# leaping crane



## ackks10 (Aug 21, 2008)

just a couple of things about this tecq, the other day i was talking with some kenpo guys from another school,(i was waiting for my wife ,she was inside shopping,i was in the car) anyway leaping crane came up and i had asked about the ending? well they all said that it was with a elbow to the head, i said ok thats right,but what else can you do instead of that?,i then said what about "back breaker" they looked at me like i had 2 heads
	

	
	
		
		

		
			





,one guy said that you can't do BB with LC,i said why?? he said the person won't be there,,
well i had to go the wife came out, but i would like to hear from others about this,( btw i allready grafed the two tecq's and it will work)


----------



## MJS (Aug 21, 2008)

ackks10 said:


> just a couple of things about this tecq, the other day i was talking with some kenpo guys from another school,(i was waiting for my wife ,she was inside shopping,i was in the car) anyway leaping crane came up and i had asked about the ending? well they all said that it was with a elbow to the head, i said ok thats right,but what else can you do instead of that?,i then said what about "back breaker" they looked at me like i had 2 heads
> 
> 
> 
> ...


 
Hmm...not sure what this person meant by not being there.  I ran thru this a few times in the air, trying to visualize without a partner and came up with a few things.

1) Assuming that we will be on the side of the attacker at the completion of LC, taking a small adjustment step with your left leg will put you behind them.  After that step, we can deliver the knee with our left, instead of the right, which is how it would be done if we just did BB.

2) If we do FC and they land so that we are behind them, the adjustment will not be necessary and we can continue as normal with BB.

I can only guess that this person is thinking that after you do the sidekick to the knee in LC, that the person will fall forward, and not be upright on their knees.  If that is the case, then technically, they wouldn't even be able to finish the base moves in LC because the person will not be there.  However, if the person is down on all 4's, you can a) deliver a kick to the groin such as in Brushing the Storm or b) simply stomp down on their ankle or c) just get the heck out of there.


----------



## kenpofighter (Aug 21, 2008)

You could leave off the elbow and do back breakers ending. Which of course is more of that kenpo over kill. (Which is just plain fun!) Or do a elbow sandwich to keep their head there, roll over their head and do a right chop (available target)  then add on the rest of back breaker.


----------



## ackks10 (Aug 21, 2008)

kenpofighter said:


> You could leave off the elbow and do back breakers ending. Which of course is more of that kenpo over kill. (Which is just plain fun!) Or do a elbow sandwich to keep their head there, roll over their head and do a right chop (available target)  then add on the rest of back breaker.

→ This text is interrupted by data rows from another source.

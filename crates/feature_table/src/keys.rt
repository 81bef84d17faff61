//! Feature keys: finds two records with equal keys, and orders records by key.

ghost use Rattle.std.specs.Prelude.{◌≡◌, ◌≢◌, ◌*◌, IfErr, IfOk, Ok, Err, None, OnOk, Some, false, int_lt, length, map, option_map};
ghost use Rattle.std.specs.List.{IsAllAdjacentAnswer, range_with_len};
ghost use Rattle.std.specs.List.Sorted.{IsPermutation, IsSortedByKey};
ghost use Rattle.std.specs.Ordering.{int_cmp};
ghost use Rattle.feature_table.specs.FlatRows.{row_at};
ghost use Rattle.feature_table.specs.KeyPlaces.{key_at, key_place};
ghost use Rattle.feature_table.specs.Outcomes.{is_of_reading};
ghost use Rattle.feature_table.specs.ReadRows.{rows_read};
ghost use Rattle.table_model.specs.Loading as spec;
ghost use Rattle.table_model.specs.declared.faults.LoadFault.TheVariants as fault;

use crate::cells::Field;
use crate::flat_rows::{FlatRows, ReadRows};
use crate::geometry_fields::Geometry;
use crate::values::{Row, Values};
use sqlite_items as items;
use std::alloc::{AllocError, Global};
use std::collections::BTreeSet;
use table_model::faults::LoadFault;
use table_model::values::Value;

/// The number in a row at the place of the key.
pub fn key_of(row: &[Value<Geometry>], key: usize) -> i64
    ensures { result ≡ spec.key_of key row.now }
{
    match items::at(row, key) {
        Some(Value::Integer(number)) => *number,
        _ => 0,
    }
}

/// The number in a lent row at the place of the key.
fn key_in(row: &Row<'_>, key: usize) -> i64
    ensures { result ≡ spec.key_of key row.now }
{
    match row.get(key) {
        Some(Field::Int(number)) => number,
        _ => 0,
    }
}

/// The keys of the first `count` rows, which have this width.
fn keys_of(
    alloc: Global,
    values: &Values,
    width: usize,
    count: usize,
    key: usize,
) -> Result<Vec<i64>, AllocError>
    requires { length values.now ≡ count * width }
    ensures { IfOk result (λ keys. keys.items
        ≡ map (λ place. spec.key_of key (row_at width values.now place)) (range_with_len 0 count)) }
{
    let mut keys = Vec::with_capacity(alloc, count)?;
    for place in 0..count {
        keys.push(key_in(&values.row(width, place), key))?;
    }
    Ok(keys)
}

/// Whether each key is less than the next.
fn ascend(keys: &[i64]) -> bool
    ensures { IsAllAdjacentAnswer (λ key next below. below ≡ int_lt key next) keys.now result }
{
    keys.is_sorted_by(|key, next| key < next)
}

/// The number, from 1, of the first key that equals an earlier one; none if no two are equal. It fails only when memory runs out.
pub fn double_key(alloc: Global, keys: &[i64]) -> Result<Option<usize>, AllocError>
    ensures { IfOk result (λ number. number ≡ spec.double_key keys.now) }
{
    let mut seen = BTreeSet::new(alloc);
    for place in 0..keys.len() {
        let is_new = seen.insert(keys[place])?;
        if !is_new {
            return Ok(Some(place + 1));
        }
    }
    Ok(None)
}

/// The places from 0 to just below `count`.
fn first_places(alloc: Global, count: usize) -> Result<Vec<usize>, AllocError>
    ensures { IfOk result (λ places. places.items ≡ range_with_len 0 count) }
{
    (0..count).collect(alloc)
}

/// A place with the key that is there, so that sorting by key needn't look into the rows.
#[derive(Drop)]
pub(crate) struct KeyPlace {
    number: i64,
    place: usize,
}

/// The places of keys, each with its key.
fn with_places(alloc: Global, keys: &[i64]) -> Result<Vec<KeyPlace>, AllocError>
    ensures { IfOk result (λ keyed. keyed.items ≡ map (key_place keys.now) (range_with_len 0 (length keys.now))) }
{
    let mut keyed = Vec::with_capacity(alloc, keys.len())?;
    for place in 0..keys.len() {
        keyed.push(KeyPlace {
            number: keys[place],
            place,
        })?;
    }
    Ok(keyed)
}

/// The places without their keys.
fn places_of(alloc: Global, keyed: &[KeyPlace]) -> Result<Vec<usize>, AllocError>
    ensures { IfOk result (λ places. places.items ≡ map (λ k. k.place) keyed.now) }
{
    keyed.iter().map(|key_place| key_place.place).collect(alloc)
}

/// Sorts places by their keys.
fn sort_keyed(keyed: &mut Vec<KeyPlace>)
    ensures moved { IsPermutation keyed.old.items keyed.new.items }
    ensures sorted { IsSortedByKey (λ k. k.number) int_cmp keyed.new.items }
{
    keyed.sort_unstable_by_key(|key_place| key_place.number);
}

/// Whether the key of each place is less than that of the next.
fn keyed_ascend(keyed: &[KeyPlace]) -> bool
    ensures { IsAllAdjacentAnswer (λ place next below. below ≡ int_lt place.number next.number) keyed.now result }
{
    keyed.is_sorted_by(|place, next| place.number < next.number)
}

/// The number, from 1, of the first key that equals an earlier one. `keyed` has these keys with their places, sorted.
/// If the keys strictly ascend there, no two are equal, and no set of keys is made.
fn double_among(
    alloc: Global,
    keys: &[i64],
    keyed: &[KeyPlace],
) -> Result<Option<usize>, AllocError>
    requires { IsPermutation keys.now (map (λ k. k.number) keyed.now) }
    ensures { IfOk result (λ number. number ≡ spec.double_key keys.now) }
{
    if keyed_ascend(keyed) {
        return Ok(None);
    }
    double_key(alloc, keys)
}

/// Sorts the places of keys, from 0, by their keys. The fault is DoubleKey, with the record's number, or OutOfMemory.
pub fn order_by_key(alloc: Global, keys: &[i64]) -> Result<Vec<usize>, LoadFault>
    ensures each { IfOk result (λ order. IsPermutation (range_with_len 0 (length keys.now)) order.items) }
    ensures ascend { IfOk result (λ order. IsSortedByKey (key_at keys.now) int_cmp order.items) }
    ensures single { OnOk result (spec.double_key keys.now ≡ None) }
    ensures not_reading { IfErr result (λ f. is_of_reading f ≡ false) }
    ensures fault { IfErr result
        (λ f. f ≢ fault.OutOfMemory → option_map fault.DoubleKey (spec.double_key keys.now) ≡ Some f) }
{
    // Records mostly come in the order of their keys.
    if ascend(keys) {
        return Ok(first_places(alloc, keys.len())?);
    }
    let mut keyed = with_places(alloc, keys)?;
    sort_keyed(&mut keyed);
    match double_among(alloc, keys, keyed.as_slice())? {
        Some(number) => Err(LoadFault::DoubleKey(number)),
        None => Ok(places_of(alloc, keyed.as_slice())?),
    }
}

/// Sorts the rows that were read by ascending key. The fault is DoubleKey, with the record's number, or OutOfMemory.
pub(crate) fn rows_by_key(
    alloc: Global,
    mut read: ReadRows,
    width: usize,
    key: usize,
) -> Result<FlatRows, LoadFault>
    requires { length read.values ≡ read.count * width }
    ensures ok { IfOk result (λ rows. spec.keyed_rows key (rows_read width read) ≡ Ok rows) }
    ensures not_reading { IfErr result (λ f. is_of_reading f ≡ false) }
    ensures fault { IfErr result (λ f. f ≢ fault.OutOfMemory → spec.keyed_rows key (rows_read width read) ≡ Err f) }
{
    let keys = keys_of(alloc, &read.values, width, read.count, key)?;
    // Records mostly come in the order of their keys.
    if ascend(keys.as_slice()) {
        return Ok(FlatRows::new(read.values, width, read.count));
    }
    let order = order_by_key(alloc, keys.as_slice())?;
    read.values.put_in_order(alloc, width, order.as_slice())?;
    Ok(FlatRows::new(read.values, width, read.count))
}
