//! The values of rows, one after another: a cell for each, and the texts and geometries to which cells refer.

ghost use Rattle.std.specs.Prelude.{◌≡◌, ◌++◌, ◌∷◌, ◌<◌, [], IfOk, OnOk, Some, length, option_map, slice_get};
ghost use Rattle.std.specs.List.{All, flat_map};
ghost use Rattle.feature_table.specs.Cells.{shown};
ghost use Rattle.feature_table.specs.FlatRows.{IsWithin, row_at};
ghost use Rattle.feature_table.specs.Values.{IsBehind, IsBacked, value_in};

use crate::cells::Field;
use crate::geometry_fields::Geometry;
use crate::texts::Texts;
use std::alloc::{AllocError, Global};
use std::marker::Model;
use table_model::values::Value;

/// A value of a table in one word. Texts and geometries are kept elsewhere, and the cell has their place.
#[derive(Clone, Copy)]
pub(crate) enum Cell {
    /// No value.
    Null,
    /// A whole number.
    Int(i64),
    /// The place of a text.
    Text(usize),
    /// The place of a geometry.
    Geom(usize),
}

/// The field to which a cell refers.
fn field_of<'a>(texts: &'a Texts, geometries: &'a [Geometry], cell: Cell) -> Field<'a>
    ensures { shown result ≡ value_in texts.entry.now geometries.entry.now cell }
{
    match cell {
        Cell::Null => Field::Null,
        Cell::Int(number) => Field::Int(number),
        Cell::Text(place) => match texts.get(place) {
            Some(text) => Field::Text(text),
            None => Field::Null,
        },
        Cell::Geom(place) => match geometries.get(place) {
            Some(geometry) => Field::Geom(geometry),
            None => Field::Null,
        },
    }
}

/// Appends the text or geometry of a value to those that are kept, and returns the value's cell.
fn cell_of(
    texts: &mut Texts,
    geometries: &mut Vec<Geometry>,
    value: Value<Geometry>,
) -> Result<Cell, AllocError>
    ensures texts { IsBehind texts.old texts.new }
    ensures geometries { IsBehind geometries.old.items geometries.new.items }
    ensures kept { IfOk result (IsBacked texts.new geometries.new.items) }
    ensures value { IfOk result (λ cell. value_in texts.new geometries.new.items cell ≡ value) }
{
    match value {
        Value::Null => Ok(Cell::Null),
        Value::Integer(number) => Ok(Cell::Int(number)),
        Value::Text(text) => {
            let place = texts.len();
            texts.push(text.as_str())?;
            Ok(Cell::Text(place))
        }
        Value::Geometry(geometry) => {
            let place = geometries.len();
            geometries.push(geometry)?;
            Ok(Cell::Geom(place))
        }
    }
}

/// The cells of the row at a place, if rows have this width.
fn cells_at(cells: &[Cell], width: usize, place: usize) -> &[Cell]
    requires { IsWithin width cells.now place }
    ensures { result.now ≡ row_at width cells.now place }
{
    let start = place * width;
    &cells[start..start + width]
}

/// The cells of the rows at these places, one row after another, if rows have this width.
fn cells_in_order(
    alloc: Global,
    cells: &[Cell],
    width: usize,
    order: &[usize],
) -> Result<Vec<Cell>, AllocError>
    requires { All (IsWithin width cells.now) order.now }
    ensures { IfOk result (λ moved. moved.items ≡ flat_map (row_at width cells.now) order.now) }
{
    let mut moved = Vec::with_capacity(alloc, cells.len())?;
    for place in order {
        moved.extend_from_slice(cells_at(cells, width, *place))?;
    }
    Ok(moved)
}

/// Values one after another: a cell for each, with its texts and geometries. Contracts see them as the list of the values.
#[derive(Drop)]
pub(crate) struct Values {
    cells: Vec<Cell>,
    texts: Texts,
    geometries: Vec<Geometry>,
}

impl Model for Values {
    ghost use Rattle.std.specs.List.{All};
    ghost use Rattle.table_model.specs.Meanings as plain;
    ghost use Rattle.feature_table.specs.GeometryFields.{GeometryValue};
    ghost use Rattle.feature_table.specs.Values.{IsBacked, values_in};

    ghost Value = { plain.Row GeometryValue };

    ghost view = { λ v. values_in v.texts v.geometries.items v.cells.items };

    ghost invariant = { λ v. All (IsBacked v.texts v.geometries.items) v.cells.items };
}

impl Values {
    /// Makes an empty list of values.
    pub(crate) fn new(alloc: Global) -> Values
        ensures { result ≡ [] }
    {
        Values {
            cells: Vec::new(alloc),
            texts: Texts::new(alloc),
            geometries: Vec::new(alloc),
        }
    }

    /// Appends a value.
    pub(crate) fn push(&mut self, value: Value<Geometry>) -> Result<(), AllocError>
        ensures { OnOk result (self.new ≡ self.old ++ value ∷ []) }
    {
        let cell = cell_of(&mut self.texts, &mut self.geometries, value)?;
        self.cells.push(cell)?;
        Ok(())
    }

    /// Keeps the rows at these places, in this order, if rows have this width.
    pub(crate) fn put_in_order(
        &mut self,
        alloc: Global,
        width: usize,
        order: &[usize],
    ) -> Result<(), AllocError>
        requires { All (IsWithin width self.old) order.now }
        ensures { OnOk result (self.new ≡ flat_map (row_at width self.old) order.now) }
    {
        let cells = cells_in_order(alloc, self.cells.as_slice(), width, order)?;
        self.cells = cells;
        Ok(())
    }

    /// Lends the row at a place, if rows have this width.
    pub(crate) fn row(&self, width: usize, place: usize) -> Row<'_>
        requires { IsWithin width self.now place }
        ensures { result ≡ row_at width self.now place }
    {
        Row {
            cells: cells_at(self.cells.as_slice(), width, place),
            texts: &self.texts,
            geometries: self.geometries.as_slice(),
        }
    }
}

/// A row of a table. Contracts see it as the list of its values (06-104r4, feature tables).
#[derive(Drop)]
pub struct Row<'a> {
    cells: &'a [Cell],
    /// The texts to which cells refer.
    texts: &'a Texts,
    geometries: &'a [Geometry],
}

impl<'a> Model for Row<'a> {
    ghost use Rattle.table_model.specs.Meanings as plain;
    ghost use Rattle.feature_table.specs.GeometryFields.{GeometryValue};
    ghost use Rattle.feature_table.specs.Values.{values_in};

    ghost Value = { plain.Row GeometryValue };

    ghost view = { λ r. values_in r.texts.now r.geometries.now r.cells.now };
}

impl<'a> Row<'a> {
    /// The number of fields in the row: as many as its table has columns.
    pub fn len(&self) -> usize
        ensures { result ≡ length self.now }
    {
        self.cells.len()
    }

    /// Lends the field of the column at a place.
    pub fn field(&self, column: usize) -> Field<'a>
        requires { column < length self.now }
        ensures { slice_get self.now column ≡ Some (shown result) }
    {
        field_of(self.texts, self.geometries, self.cells[column])
    }

    /// Lends the field of the column at a place, if there is one.
    pub(crate) fn get(&self, column: usize) -> Option<Field<'a>>
        ensures { option_map shown result ≡ slice_get self.now column }
    {
        match self.cells.get(column) {
            Some(cell) => Some(field_of(self.texts, self.geometries, *cell)),
            None => None,
        }
    }
}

that's what I'm talking about,,and you what it works!!!


----------



## Touch Of Death (Aug 22, 2008)

Generaly the guy will fall forward and away, making the kidney shot difficult.
Sean


----------



## Josh Oakley (Aug 22, 2008)

I'm SKK but I'm continually amazed at how cimilar many of our techniques are. I'm sure there's a connection.


----------



## kenpofighter (Aug 22, 2008)

Touch Of Death said:


> Generaly the guy will fall forward and away, making the kidney shot difficult.
> Sean



Looks to me like it would depend on the angle of their knee that was kicked. But after the rib shot with the middle knuckle their wait should drop to their right being more on their front leg (right leg) which in turn, after the kick is executed to their left leg (we are behind the opponent), should make them fall down with their one right leg possibly still somewhat supporting themselves. But like I said it would depend upon the angle of the kick on their leg. How far we leaped up and over and how far they stepped in. And if they fall forward, great! leave off the kidney shot and add on a scoop kick (if able to) then kick them away. We will get them one way or another.


----------



## Touch Of Death (Aug 24, 2008)

kenpofighter said:


> Looks to me like it would depend on the angle of their knee that was kicked. But after the rib shot with the middle knuckle their wait should drop to their right being more on their front leg (right leg) which in turn, after the kick is executed to their left leg (we are behind the opponent), should make them fall down with their one right leg possibly still somewhat supporting themselves. But like I said it would depend upon the angle of the kick on their leg. How far we leaped up and over and how far they stepped in. And if they fall forward, great! leave off the kidney shot and add on a scoop kick (if able to) then kick them away. We will get them one way or another.


True, my point would be not to expect either outcome. Heres a cute little trick for the elbow sandwich I was taught. When, as the attacker, you feel the strike to your kidney. Drive your head hard and fast into the waiting elbow sandwich. Maybe you can still be friends later. LOL
Sean


----------



## Kenpo17 (Jan 20, 2009)

I don't know what school you went into, but they are wrong, you can go right from Leaping Crane to Back Breaker.  The only thing with that is you have to be extremely quick with your transitions, from the elbow in LC to the shoulder grabs in BB.  It would also involve foot movement quickly as well because you have to make sure your right leg is back, in back of your left leg for the knee in BB.  Once you drop from the knee, you just finish the technique, and there is no reason why you couldn't go from LC to BB.


----------